-- SOURCE INFORMATION follows --
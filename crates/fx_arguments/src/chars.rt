//! Lists of characters.
ghost use Rattle.std.specs.Prelude.{◌≡◌, ◌⊎◌, ◌+◌, ◌-◌, ◌<◌, ◌≤◌, ◌^◌, ◌++◌, length, option_and_then, IfOk, IfErr, IfSome, OnOk, vec_len};
ghost use Rattle.fx_request.specs.Limits.{max_characters};
ghost use Rattle.fx_arguments.specs.Chars.{number_of, numbers_between, numbers_from, numbers_of_list, pair_of, range_of};
ghost use Rattle.hex.specs.Hex.{hex_digit_value};

use crate::parts::first_part;
use fx_request::{MAX_CHARACTERS, Refusal};
use std::alloc::Global;

/// The numbers of a list of characters, in their order. Commas separate its items: a number of one to six hexadecimal digits, or
/// two such with `-` between them, low first. The empty text is the empty list. `BadChars` means that its form is wrong, or that it
/// has more than `MAX_CHARACTERS` numbers; any other refusal is `OutOfMemory`.
#[tactic(auto, using(crate::proofs::Items::none_by_item, crate::proofs::Items::all_items))]
pub fn parse_chars(alloc: Global, list: &str) -> Result<Vec<u32>, Refusal>
    ensures numbers { IfOk result (λ chars. numbers_of_list list.now ≡ Some chars.items) }
    ensures refused { IfErr result (λ refusal.
        (refusal ≡ Refusal.OutOfMemory) ⊎ ((refusal ≡ Refusal.BadChars) × (numbers_of_list list.now ≡ None))) }
{
    let mut chars = Vec::new(alloc);
    let mut left = if list.is_empty() { None } else { Some(list) };
    // The numbers of the items before `left` were pushed.
    'items: while let Some(text) = left {
        let (item, more) = first_part(text, ',');
        let Some((low, high)) = range(item) else {
            return Err(Refusal::BadChars);
        };
        push_range(&mut chars, low, high)?;
        left = more;
    }
    Ok(chars)
}

/// The first and the last number of an item.
#[tactic(auto, using(crate::proofs::Items::range_cut, crate::proofs::Items::range_whole))]
pub fn range(item: &str) -> Option<(u32, u32)>
    ensures value { result ≡ range_of item.now }
    ensures order { IfSome result (λ range. range.0 ≤ range.1) }
{
    match item.split_once('-') {
        Some((low, high)) => pair(number(low), number(high)),
        None => {
            let only = number(item);
            pair(only, only)
        }
    }
}

/// Two numbers, low first.
fn pair(low: Option<u32>, high: Option<u32>) -> Option<(u32, u32)>
    ensures value { result ≡ pair_of low high }
    ensures order { IfSome result (λ range. range.0 ≤ range.1) }
{
    match (low, high) {
        (Some(low), Some(high)) if low <= high => Some((low, high)),
        _ => None,
    }
}

/// A number of one to six hexadecimal digits.
#[tactic(auto, using(crate::proofs::Numerals::number_steps))]
pub fn number(text: &str) -> Option<u32>
    ensures { result ≡ number_of text.now }
{
    let digits = text.as_bytes();
    if digits.is_empty() || digits.len() > 6 {
        return None;
    }
    let mut number = 0u32;
    // The digits so far write `number`.
    'digits: for digit in digits {
        number = number * 16 + u32::from(digit_value(*digit)?);
    }
    Some(number)
}

/// The value of a hexadecimal digit in either case.
pub fn digit_value(digit: u8) -> Option<u8>
    ensures value { result ≡ hex_digit_value digit }
    ensures bound { IfSome result (λ value. value < 16) }
{
    match digit {
        b'A'..=b'F' => Some(digit - b'A' + 10),
        b'a'..=b'f' => Some(digit - b'a' + 10),
        b'0'..=b'9' => Some(digit - b'0'),
        _ => None,
    }
}

/// Appends all numbers from one to the other.
fn push_range(chars: &mut Vec<u32>, low: u32, high: u32) -> Result<(), Refusal>
    requires order { low ≤ high }
    requires few { vec_len chars.old ≤ max_characters }
    ensures ok { OnOk result (
        (chars.new.items ≡ chars.old.items ++ numbers_between (low, high)) × (vec_len chars.new ≤ max_characters)) }
    ensures err { IfErr result (λ refusal. (refusal ≡ Refusal.OutOfMemory)
        ⊎ ((refusal ≡ Refusal.BadChars) × (max_characters < vec_len chars.old + (high - low + 1)))) }
{
    let start = chars.len();
    let count = (high - low) as usize + 1;
    if count > MAX_CHARACTERS - start {
        return Err(Refusal::BadChars);
    }
    if chars.resize(start + count, low).is_err() {
        return Err(Refusal::OutOfMemory);
    }
    put_range(&mut chars[start..], low);
    Ok(())
}

/// Writes the numbers from `low` on, in steps of one.
fn put_range(numbers: &mut [u32], low: u32)
    requires { low + length numbers.old ≤ 2 ^ 32 }
    ensures { numbers.new ≡ numbers_from low (length numbers.old) }
{
    // The first k numbers are written.
    'numbers: for k in 0..numbers.len() {
        numbers[k] = low + k as u32;
    }
}
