//! Lines that say what is wrong with arguments.
ghost use Rattle.std.specs.Prelude.{◌≡◌, ◌∷◌, [], IfOk};
ghost use Rattle.fx_arguments.specs.Arguments.{texts};
ghost use Rattle.fx_arguments.specs.Mistakes.{IsSaid};
ghost use Rattle.fx_arguments.specs.Wrong.{said};
ghost use Rattle.fx_arguments.specs.declared.fault.Fault.TheVariants.{Early};
ghost use Rattle.fx_arguments.specs.declared.said.Said.TheVariants.{Stopped};
ghost use Rattle.fx_request.specs.declared.refusal.Refusal.TheVariants.{OutOfMemory};

use crate::fault::Fault;
use std::alloc::{AllocError, AllocFailed, Global};

/// What is wrong with arguments, or that there is no memory for the line.
#[derive(Drop)]
pub enum Said {
    /// The line, with its end.
    MessageLine(Vec<u8>),
    /// Out of memory.
    Stopped(Fault),
}

impl From<AllocError> for Said {
    ghost from_gives = { λ _ e. e ≡ Stopped (Early OutOfMemory) };

    fn from(e: AllocError) -> Said {
        Said::Stopped(Fault::from(e))
    }
}

impl<T: Drop> From<AllocFailed<T>> for Said {
    ghost from_gives = { λ _ e. e ≡ Stopped (Early OutOfMemory) };

    fn from(e: AllocFailed<T>) -> Said {
        Said::Stopped(Fault::from(e))
    }
}

/// The line of pieces.
fn line_of(alloc: Global, pieces: &[&str]) -> Result<Vec<u8>, AllocError>
    ensures { IfOk result (λ line. line.items ≡ said (texts pieces.now)) }
{
    let mut line = Vec::new(alloc);
    // The pieces so far were added.
    'pieces: for piece in pieces {
        line.extend_from_slice(piece.as_bytes())?;
    }
    line.push(b'\n')?;
    Ok(line)
}

/// A line of a word between two texts.
pub fn say_about(alloc: Global, before: &str, word: &str, after: &str) -> Said
    ensures { IsSaid result (said (before.now ∷ word.now ∷ after.now ∷ [])) }
{
    say(alloc, &[before, word, after])
}

/// A line of these pieces.
pub fn say(alloc: Global, pieces: &[&str]) -> Said
    ensures { IsSaid result (said (texts pieces.now)) }
{
    match line_of(alloc, pieces) {
        Ok(line) => Said::MessageLine(line),
        Err(fault) => Said::from(fault),
    }
}
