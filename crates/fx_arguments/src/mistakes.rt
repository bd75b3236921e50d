//! What is wrong first with arguments.
ghost use Rattle.std.specs.Prelude.{◌≡◌, ◌≤◌, ◌∷◌, ◌++◌, [], Result, Ok, Err, IfOk, codes, length, slice_index_or};
ghost use Rattle.fx_fixed.specs.Chain.{GivesUnless};
ghost use Rattle.fx_arguments.specs.Arguments.{texts};
ghost use Rattle.fx_arguments.specs.Commands.{CommandView, Refuses, seen};
ghost use Rattle.fx_arguments.specs.Mistakes.{SaysUnless, asked_by, checked, command_said, explained, has_hyphen, is_taken, line_of};
ghost use Rattle.fx_arguments.specs.Mistakes.{name_in, option_said, taken_words, word_said, words_said};
ghost use Rattle.fx_arguments.specs.Wrong.{Reads, WrongView};

use crate::arguments::{asked_for, is_command};
use crate::fault::Fault;
use crate::said::{Said, say, say_about};
use crate::values::matches;
use crate::verb::{Verb, verb_of};
use crate::wrong::Wrong;
use fx_request::Refusal;
use std::alloc::Global;

/// The line that says what is wrong first with the arguments after the program's name. It has no bytes if nothing is wrong.
pub fn explain(alloc: Global, words: &[&str]) -> Result<Vec<u8>, Fault>
    ensures { GivesUnless Refuses (λ line. line.items) result (Ok (line_of (checked (texts words.now)))) }
{
    match checked(alloc, words) {
        Ok(()) => Ok(Vec::new(alloc)),
        Err(Said::MessageLine(line)) => Ok(line),
        Err(Said::Stopped(fault)) => Err(fault),
    }
}

/// Whether something is wrong with the arguments after the program's name.
fn checked(alloc: Global, words: &[&str]) -> Result<(), Said>
    ensures { SaysUnless (λ u. u) result (checked (texts words.now)) }
{
    match verb_of(words) {
        Some(verb) => verb_checked(alloc, verb, words),
        None if is_command("explain", words) => Ok(()),
        None => command_said(alloc, words),
    }
}

/// There is no command of this name.
fn command_said(alloc: Global, words: &[&str]) -> Result<(), Said>
    ensures { SaysUnless (λ u. u) result (Err (command_said (texts words.now))) }
{
    match words.first() {
        Some(word) => Err(say_about(alloc, "unknown command '", word, "'")),
        None => Err(say(alloc, &["the command is missing"])),
    }
}

/// Words from the name of a command on.
#[tactic(auto, unfolding(crate::specs::Mistakes::asked_by))]
fn verb_checked(alloc: Global, verb: Verb, words: &[&str]) -> Result<(), Said>
    ensures { SaysUnless (λ u. u) result (explained (asked_by verb (texts words.now))) }
{
    match matches(alloc, verb, words) {
        Ok(matches) => match asked_for(alloc, verb, &matches) {
            Ok(_) => Ok(()),
            Err(wrong) => values_said(alloc, wrong),
        },
        Err(Fault::Usage) => words_said(alloc, verb, words),
        Err(fault) => Err(Said::Stopped(fault)),
    }
}

/// What is wrong with the values of options. Malformed characters have no line.
fn values_said(alloc: Global, wrong: Wrong<'_>) -> Result<(), Said>
    ensures { (due : Result CommandView WrongView) → Reads seen (Err wrong.entry) due
        → SaysUnless (λ u. u) result (explained due) }
{
    match wrong {
        Wrong::Refused(Refusal::BadChars) => Ok(()),
        Wrong::Refused(refusal) => Err(Said::Stopped(Fault::Early(refusal))),
        Wrong::Says(what) => Err(say(alloc, &[what])),
        Wrong::NotTaken(takes, text) => Err(say(alloc, &[takes, ", not '", text, "'"])),
    }
}

/// Whether a command takes these words, its name first.
fn is_taken(alloc: Global, verb: Verb, words: &[&str]) -> Result<bool, Said>
    ensures { SaysUnless (λ b. b) result (Ok (is_taken verb (texts words.now))) }
{
    match matches(alloc, verb, words) {
        Ok(_matches) => Ok(true),
        Err(Fault::Usage) => Ok(false),
        Err(fault) => Err(Said::Stopped(fault)),
    }
}

/// The number of words of the longest beginning that the command takes.
#[tactic(auto, using(crate::proofs::Saying::taken_none, crate::proofs::Saying::taken_shorter, crate::proofs::Saying::texts_take))]
fn taken_words(alloc: Global, verb: Verb, words: &[&str]) -> Result<usize, Said>
    ensures due { SaysUnless (λ n. n) result (Ok (taken_words verb (texts words.now) (length words.now))) }
    ensures within { IfOk result (λ n. n ≤ length words.now) }
{
    let mut n = words.len();
    // No longer beginning is taken.
    'shorter: while n > 0 {
        if is_taken(alloc, verb, &words[..n])? {
            return Ok(n);
        }
        n -= 1;
    }
    Ok(0)
}

/// Why the command does not take the word after the longest beginning that it takes.
#[tactic(auto, using(std::proofs::lemmas::List::take_rest, crate::proofs::Saying::words_at))]
fn words_said<'w>(alloc: Global, verb: Verb, words: &'w [&'w str]) -> Result<(), Said>
    ensures { SaysUnless (λ u. u) result (Err (words_said verb (texts words.now))) }
{
    let n = taken_words(alloc, verb, words)?;
    let name = word_at(words, 0);
    let rest = &words[n..];
    word_said(
        alloc,
        verb,
        name,
        &words[..n],
        word_at(rest, 0),
        word_at(rest, 1),
    )
}

/// A word, empty past the end.
fn word_at<'a>(words: &[&'a str], at: usize) -> &'a str
    ensures { result.now ≡ slice_index_or (texts words.now) at [] }
{
    match words.get(at) {
        Some(word) => word,
        None => "",
    }
}

/// Why the command does not take a word after words that it takes, and before another.
#[tactic(auto, unfolding(crate::specs::Mistakes::word_said))]
fn word_said<'w>(
    alloc: Global,
    verb: Verb,
    name: &'w str,
    before: &'w [&'w str],
    word: &'w str,
    next: &'w str,
) -> Result<(), Said>
    ensures { SaysUnless (λ u. u) result (Err (word_said verb name.now (texts before.now) word.now next.now)) }
{
    if is_taken(alloc, verb, &[name, word])? {
        return Err(say_about(alloc, "'", word, "' is given twice"));
    }
    if is_taken(alloc, verb, &[name, word, "0"])? {
        return option_said(alloc, verb, before, word, next);
    }
    if !has_hyphen(word) {
        return Err(say_about(alloc, "one word too many, '", word, "'"));
    }
    let option = name_in(word);
    if is_taken(alloc, verb, &[name, option])? {
        return Err(say_about(alloc, "", option, " takes no value"));
    }
    Err(say_about(alloc, "unknown option '", option, "'"))
}

/// Whether a command takes an option with the value 0 after words.
fn takes_value<'w>(
    alloc: Global,
    verb: Verb,
    before: &'w [&'w str],
    word: &'w str,
) -> Result<bool, Said>
    ensures { SaysUnless (λ b. b) result (Ok (is_taken verb (texts before.now ++ word.now ∷ codes "0" ∷ []))) }
{
    let mut words = Vec::from_slice(alloc, before)?;
    words.push(word)?;
    words.push("0")?;
    is_taken(alloc, verb, &words)
}

/// Why the command does not take an option with a value after words that it takes.
fn option_said<'w>(
    alloc: Global,
    verb: Verb,
    before: &'w [&'w str],
    word: &'w str,
    next: &'w str,
) -> Result<(), Said>
    ensures { SaysUnless (λ u. u) result (Err (option_said verb (texts before.now) word.now next.now)) }
{
    if !takes_value(alloc, verb, before, word)? {
        return Err(say_about(alloc, "", word, " is given twice"));
    }
    if has_hyphen(next) {
        let given_as = " takes a value; one that begins with '-' is given as ";
        return Err(say(alloc, &[word, given_as, word, "=", next]));
    }
    Err(say_about(alloc, "", word, " takes a value"))
}

/// Whether a word begins with a hyphen.
fn has_hyphen(word: &str) -> bool
    ensures { result ≡ has_hyphen word.now }
{
    matches!(word.as_bytes(), [b'-', ..])
}

/// An option's name, before `=`.
fn name_in(word: &str) -> &str
    ensures { result.now ≡ name_in word.entry.now }
{
    match word.split_once('=') {
        Some((name, _)) => name,
        None => word,
    }
}
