//! What the definitions imply.
ghost use Rattle.fx_arguments.specs.CommandLine.{MistakesAreUsage};

/// Something is wrong with arguments exactly if they are a usage fault.
#[tactic(auto, using(crate::proofs::Mistaken::mistakes))]
pub fn mistakes()
    ensures { MistakesAreUsage }
{}
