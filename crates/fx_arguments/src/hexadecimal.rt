//! Bytes as hexadecimal text.
ghost use Rattle.std.specs.Prelude.{◌≡◌, ◌⊎◌, ◌==◌, ◌||◌, not, filter, IfOk, IfErr};
ghost use Rattle.fx_arguments.specs.Input.{bytes_of_hex, is_blank};

use fx_request::Refusal;
use hex::FromHexError;
use std::alloc::{AllocError, Global};

/// The bytes of a text of hexadecimal digits and blanks.
#[tactic(auto, unfolding(crate::specs::Input::bytes_of_hex))]
pub fn decode_hex(alloc: Global, text: &[u8]) -> Result<Vec<u8>, Refusal>
    ensures bytes { IfOk result (λ bytes. bytes_of_hex text.now ≡ Some bytes.items) }
    ensures refused { IfErr result (λ refusal. (refusal ≡ Refusal.OutOfMemory)
        ⊎ ((refusal ≡ Refusal.BadHex) × (bytes_of_hex text.now ≡ None))) }
{
    match hex::decode(alloc, digits(alloc, text)?) {
        Ok(bytes) => Ok(bytes),
        Err(fault) => Err(refusal_of(fault)),
    }
}

/// The refusal of a text that was not decoded.
fn refusal_of(fault: FromHexError) -> Refusal
    ensures memory { fault ≡ FromHexError.OutOfMemory → result ≡ Refusal.OutOfMemory }
    ensures cases { (result ≡ Refusal.OutOfMemory) ⊎ (result ≡ Refusal.BadHex) }
{
    match fault {
        FromHexError::OutOfMemory => Refusal::OutOfMemory,
        _ => Refusal::BadHex,
    }
}

/// The text without its blanks: spaces, tabs, CR and LF.
fn digits(alloc: Global, text: &[u8]) -> Result<Vec<u8>, AllocError>
    ensures { IfOk result (λ digits. digits.items ≡ filter (λ b. not (is_blank b)) text.now) }
{
    text.iter()
        .copied()
        .filter(|b| !(*b == b' ' || *b == b'\t' || *b == b'\r' || *b == b'\n'))
        .collect(alloc)
}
-- SOURCE INFORMATION concluded --
_YOUR OBJECTIVE:_ Check each line of the data above for the string "CommandView", and copy the ones that have it.

_YOUR RESPONSE:_
ghost use Rattle.fx_arguments.specs.Commands.{CommandView, Refuses, seen};
    ensures { (due : Result CommandView WrongView) → Reads seen (Err wrong.entry) due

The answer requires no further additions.